Numerical Simulations of the Oldroyd-B Fluid Flow Around Triangular Cylinders with Different Orientations

This study numerically simulates the two-dimensional flow of Oldroyd-B fluid around an isosceles right-angled triangular cylinder with five orientations. The log-conformation reformulation is employed to stabilize the numerical simulations. By adjusting the triangular orientation angle (theta), three types of fluids development process can be observed: from steady to vortex shedding at theta = 0 and pi, keeping the vortex shedding at theta = pi/4 and 3 pi/4, and from vortex shedding to steady state at theta = pi/2. When the triangular cylinder faces the incoming stream with the inclined plane, the elastic effect acting on the cylinder is strong, otherwise it is weak.
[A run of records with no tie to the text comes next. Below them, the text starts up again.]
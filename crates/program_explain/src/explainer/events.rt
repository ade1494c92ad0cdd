//! Events that pass no bytes. Each has one line, or none.

ghost use Rattle.std.specs.Prelude.{◌≡◌, ◌≤◌, ◌-◌, [], ◌∷◌, true, false, length, take, get_or, option_map};
ghost use Rattle.std.specs.Prelude.{IfOk, OnOk};
ghost use Rattle.coap_print.specs.Texts.{is_text};
ghost use Rattle.coap_script.specs.script.EventViews.{event_value};
ghost use Rattle.coap_script.specs.script.Events as event;
ghost use Rattle.coap_script.specs.script.Words.{words_of};
ghost use Rattle.coap_server_engine.specs.script.Replay.{event_ran};
ghost use Rattle.coap_server_engine.specs.script.Replay as replay;
ghost use Rattle.coap_server_engine.specs.values.Servers.{session_of};
ghost use Rattle.coap_store.specs.Refusals.{refusal_in};
ghost use Rattle.program_explain.specs.Printed.{listed};
ghost use Rattle.program_explain.specs.Explanations.{explained, messages_in, passes_bytes};
ghost use Rattle.program_explain.specs.Explanations as spec;

use crate::layout::{connection_line, dropped_line, output_line, removed_line, stored_line};
use crate::messages::{Followed, is_within};
use crate::printer::OutputLine;
use coap_model::{ConnId, OpenFault, ReleaseFault, ResponseFault};
use coap_script::{Event, StatusCounts, fault_line, status_line};
use coap_server_engine::Server;
use coap_store::{PathKey, StoreFault};
use coap_text::split_once;
use indexmap::IndexMap;
use std::alloc::{AllocError, Global};

/// Runs an event that passes no bytes, and returns its line, if it has one. `script` is the line of the script with the
/// event.
///
/// # Errors
///
/// Returns `AllocError` if allocation fails.
#[tactic(auto, unfolding(crate::specs::Explanations::explained))]
pub(super) fn run_event(
    alloc: Global,
    server: &mut Server,
    connections: &mut IndexMap<u64, Followed>,
    event: &Event,
    script: &[u8],
) -> Result<Option<OutputLine>, AllocError>
    requires { passes_bytes (event_value event.now) ≡ false }
    ensures explained { IfOk result (λ line.
        explained 0 server.old (messages_in connections.old) script.now (event_value event.now)
        ≡ record { lines = listed line; messages = messages_in connections.new }) }
    ensures server { OnOk result (server.new ≡ (event_ran server.old (event_value event.now)).server) }
{
    match event {
        Event::Open => Ok(Some(open(alloc, server, connections)?)),
        Event::In { .. } => unreachable!(),
        Event::Drain { .. } => unreachable!(),
        Event::Tick { moment } => Ok(Some(tick(server, *moment))),
        Event::Put {
            path,
            format,
            payload,
        } => Ok(Some(put(server, path, second_word(script), *format, payload)?)),
        Event::Remove { path, text } => Ok(Some(remove(server, path, text))),
        Event::End { connection } => Ok(Some(end(server, connections, *connection))),
        Event::Release { connection } => Ok(Some(release(server, *connection))),
        Event::Respond {
            connection,
            response,
        } => Ok(Some(respond(server, *connection, response))),
        Event::Drop { connection } => Ok(drop_connection(server, connections, *connection)),
        Event::Status { connection } => Ok(Some(status(alloc, server, *connection)?)),
    }
}

/// Runs an `open` event, and returns its line. The messages of the new connection are followed.
///
/// # Errors
///
/// Returns `AllocError` if allocation fails.
#[tactic(auto, unfolding(coap_server_engine::specs::script::Replay::event_ran))]
fn open(
    alloc: Global,
    server: &mut Server,
    connections: &mut IndexMap<u64, Followed>,
) -> Result<OutputLine, AllocError>
    ensures line { IfOk result (λ line. line ∷ [] ≡ (spec.opened server.old (messages_in connections.old)).lines) }
    ensures messages { OnOk result (messages_in connections.new
        ≡ (spec.opened server.old (messages_in connections.old)).messages) }
    ensures server { OnOk result (server.new ≡ (event_ran server.old event.Open).server) }
{
    match server.open() {
        Ok(id) => {
            connections.insert(id, Followed::new(alloc)?)?;
            Ok(words_line(id, "opened"))
        }
        Err(OpenFault::Memory) => Err(AllocError),
        Err(OpenFault::Full) => Ok(refusal_line("open", None, OpenFault::Full as u8)),
        Err(OpenFault::IdsSpent) => Ok(refusal_line("open", None, OpenFault::IdsSpent as u8)),
    }
}

/// Runs a `tick` event, and returns its line.
#[tactic(auto, unfolding(coap_server_engine::specs::script::Replay::event_ran))]
fn tick(server: &mut Server, moment: u64) -> OutputLine
    ensures line { result ≡ spec.ticked server.old moment }
    ensures server { server.new ≡ (event_ran server.old (event.Tick moment)).server }
{
    match server.tick(moment) {
        Ok(()) => OutputLine::Time(moment),
        Err(_) => refusal_line("tick", None, 1),
    }
}

/// Runs a `put` event, and returns its line. `text` is the path as the script has it.
///
/// # Errors
///
/// Returns `AllocError` if allocation fails.
#[tactic(auto, unfolding(coap_server_engine::specs::script::Replay::event_ran))]
fn put(
    server: &mut Server,
    path: &PathKey,
    text: &[u8],
    format: Option<u16>,
    payload: &[u8],
) -> Result<OutputLine, AllocError>
    ensures line { IfOk result (λ line. line ≡ spec.stored server.old path.now text.now format payload.now) }
    ensures server { OnOk result (server.new
        ≡ (event_ran server.old (event.Put path.now format payload.now)).server) }
{
    match server.put(path, format, payload) {
        Ok(_) => Ok(OutputLine::Text(None, stored_line(text, format, payload))),
        Err(fault) => match store_refused(fault) {
            Some(number) => Ok(refusal_line("put", None, number)),
            None => Err(AllocError),
        },
    }
}

/// Runs a `remove` event, and returns its line. `text` is the path as the script has it.
#[tactic(auto, unfolding(coap_server_engine::specs::script::Replay::event_ran))]
fn remove(server: &mut Server, path: &PathKey, text: &[u8]) -> OutputLine
    ensures line { result ≡ spec.removed server.old path.now text.now }
    ensures server { server.new ≡ (event_ran server.old (event.Remove path.now text.now)).server }
{
    match server.remove(path) {
        Ok(()) => OutputLine::Text(None, removed_line(text)),
        Err(fault) => refusal_line("remove", None, store_number(fault)),
    }
}

/// Runs an `end` event, and returns its line.
#[tactic(auto, unfolding(coap_server_engine::specs::script::Replay::event_ran))]
fn end(server: &mut Server, connections: &IndexMap<u64, Followed>, id: ConnId) -> OutputLine
    ensures line { result
        ≡ spec.input_ended (messages_in connections.now) id (session_of id server.old.sessions) }
    ensures server { server.new ≡ (event_ran server.old (event.End id)).server }
{
    match server.ended(id) {
        Ok(()) => words_line(id, end_words(is_cut(connections, id))),
        Err(_) => refusal_line("end", Some(id), 1),
    }
}

/// Returns the words about the end of the input of a connection.
fn end_words(is_cut: bool) -> &'static str
    ensures words { result.now ≡ spec.end_words is_cut }
    ensures printable { is_text result.now ≡ true }
{
    if is_cut {
        "input ended within a message"
    } else {
        "input ended"
    }
}

/// Returns `true` if the last byte of a message of a client is missing.
fn is_cut(connections: &IndexMap<u64, Followed>, id: ConnId) -> bool
    ensures { result ≡ spec.is_cut (messages_in connections.now id) }
{
    match connections.get(&id) {
        Some(followed) => is_within(&followed.incoming),
        None => false,
    }
}

/// Runs a `release` event, and returns its line.
#[tactic(auto, unfolding(coap_server_engine::specs::script::Replay::event_ran))]
fn release(server: &mut Server, id: ConnId) -> OutputLine
    ensures line { result ≡ spec.released server.old id }
    ensures server { server.new ≡ (event_ran server.old (event.Release id)).server }
{
    match server.release(id) {
        Ok(()) => words_line(id, "released"),
        Err(fault) => refusal_line("release", Some(id), release_number(fault)),
    }
}

/// Runs a `respond` event, and returns its line.
#[tactic(auto, unfolding(coap_server_engine::specs::script::Replay::event_ran))]
fn respond(server: &mut Server, id: ConnId, response: &[u8]) -> OutputLine
    ensures line { result ≡ spec.responded server.old id response.now }
    ensures server { server.new ≡ (event_ran server.old (event.Respond id response.now)).server }
{
    match server.respond(id, response) {
        Ok(_) => words_line(id, "response of the application"),
        Err(fault) => refusal_line("respond", Some(id), response_number(fault)),
    }
}

/// Runs a `drop` event, and returns its line, if it has one. The messages of the connection are followed no longer.
#[tactic(auto, unfolding(coap_server_engine::specs::script::Replay::event_ran))]
fn drop_connection(
    server: &mut Server,
    connections: &mut IndexMap<u64, Followed>,
    id: ConnId,
) -> Option<OutputLine>
    ensures line { listed result
        ≡ (spec.dropped (messages_in connections.old) id (session_of id server.old.sessions)).lines }
    ensures messages { messages_in connections.new
        ≡ (spec.dropped (messages_in connections.old) id (session_of id server.old.sessions)).messages }
    ensures server { server.new ≡ (event_ran server.old (event.Drop id)).server }
{
    let Ok(()) = server.drop_conn(id) else {
        return Some(refusal_line("drop", Some(id), 1));
    };
    let followed = connections.shift_remove(&id)?;
    let line = dropped_line(id, &followed.incoming, &followed.outgoing);
    Some(OutputLine::Text(Some(id), line))
}

/// Runs a `status` event, and returns its line.
///
/// # Errors
///
/// Returns `AllocError` if allocation fails.
#[tactic(auto, unfolding(coap_server_engine::specs::script::Replay::event_ran))]
fn status(alloc: Global, server: &Server, id: ConnId) -> Result<OutputLine, AllocError>
    ensures line { IfOk result (λ line. line ≡ spec.status_shown id (session_of id server.now.sessions)) }
    ensures server { server.now ≡ (event_ran server.now (event.Status id)).server }
{
    let Some(status) = server.status(id) else {
        return Ok(refusal_line("status", Some(id), 1));
    };
    let counts = StatusCounts {
        kept: status.kept,
        waiting: status.waiting,
        pending: status.pending,
        observers: status.observers,
    };
    let line = status_line(alloc, id, status.phase, counts)?;
    Ok(server_line(Some(id), &line))
}

/// Returns the line with words about a connection.
pub(super) fn words_line(id: ConnId, words: &str) -> OutputLine
    requires { is_text words.now ≡ true }
    ensures { result ≡ spec.words_line id words.now }
{
    OutputLine::Text(Some(id), connection_line(id, words))
}

/// Returns the line that the server writes for an event.
fn server_line(id: Option<ConnId>, text: &[u8]) -> OutputLine
    ensures { result ≡ spec.server_line id text.now }
{
    OutputLine::Text(id, output_line(id, without_newline(text)))
}

/// Returns the line of an event that fails.
pub(super) fn refusal_line(word: &str, id: Option<ConnId>, number: u8) -> OutputLine
    requires { length word.now ≤ 8 }
    ensures { result ≡ spec.refusal_line word.now id number }
{
    server_line(id, fault_line(word, id, number).as_slice())
}

/// Returns the number of an error of the store, or `None` for `Memory`.
fn store_refused(fault: StoreFault) -> Option<u8>
    ensures { result ≡ option_map replay.store_number (refusal_in fault) }
{
    match fault {
        StoreFault::Memory => None,
        _ => Some(store_number(fault)),
    }
}

/// Returns the number of an error of the store.
fn store_number(fault: StoreFault) -> u8
    ensures { result ≡ replay.store_number fault }
{
    fault as u8
}

/// Returns the number of an error of `release`.
fn release_number(fault: ReleaseFault) -> u8
    ensures { result ≡ replay.release_number fault }
{
    fault as u8
}

/// Returns the number of an error of `respond`.
fn response_number(fault: ResponseFault) -> u8
    ensures { result ≡ replay.response_number fault }
{
    fault as u8
}

/// Returns a line without its last byte, the newline.
fn without_newline(line: &[u8]) -> &[u8]
    ensures { result.now ≡ take (length line.now - 1) line.now }
{
    match line {
        [text @ .., _] => text,
        [] => line,
    }
}

/// Returns the second word of a line, or no bytes if it has only one.
fn second_word(line: &[u8]) -> &[u8]
    ensures { result.now ≡ get_or (words_of line.now) 1 [] }
{
    let Some((_, rest)) = split_once(line, b' ') else {
        return b"";
    };
    match split_once(rest, b' ') {
        Some((word, _)) => word,
        None => rest,
    }
}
For theta = pi/2, the effects of the viscosity ratio (beta), the Reynolds number (Re), and the Weissenberg number (Wi) are further investigated. When the elasticity is reduced by changing the viscosity ratio (beta) that ranged from 0 to 0.9, the final flow state will transition from stable to vortex shedding state, which indicates the restraining effect of elasticity on wake instability. In the high elastic Oldroyd-B fluid, the critical Reynolds number for vortex shedding is about 110 for Wi = 1. Besides, the Weissenberg numbers (Wi) ranged from 0.25 to 8 are discussed at Re = 100. With the increase of Wi, four different flow states of the wake are observed: periodic vortex shedding at low Weissenberg number Wi = 0.25, stabilizing for Wi ranged from 0.5 to 1, semi-periodic strong vortex shedding for Wi is about 2, and chaos when Wi >= 4. The results indicate that excessively strong elastic effects may also lead to unstable flows. Finally, the flow states corresponding to each Reynolds number and Weissenberg number in a certain range (90 <= Re <= 120 and 0.125 <= Wi <= 4) are given in this study.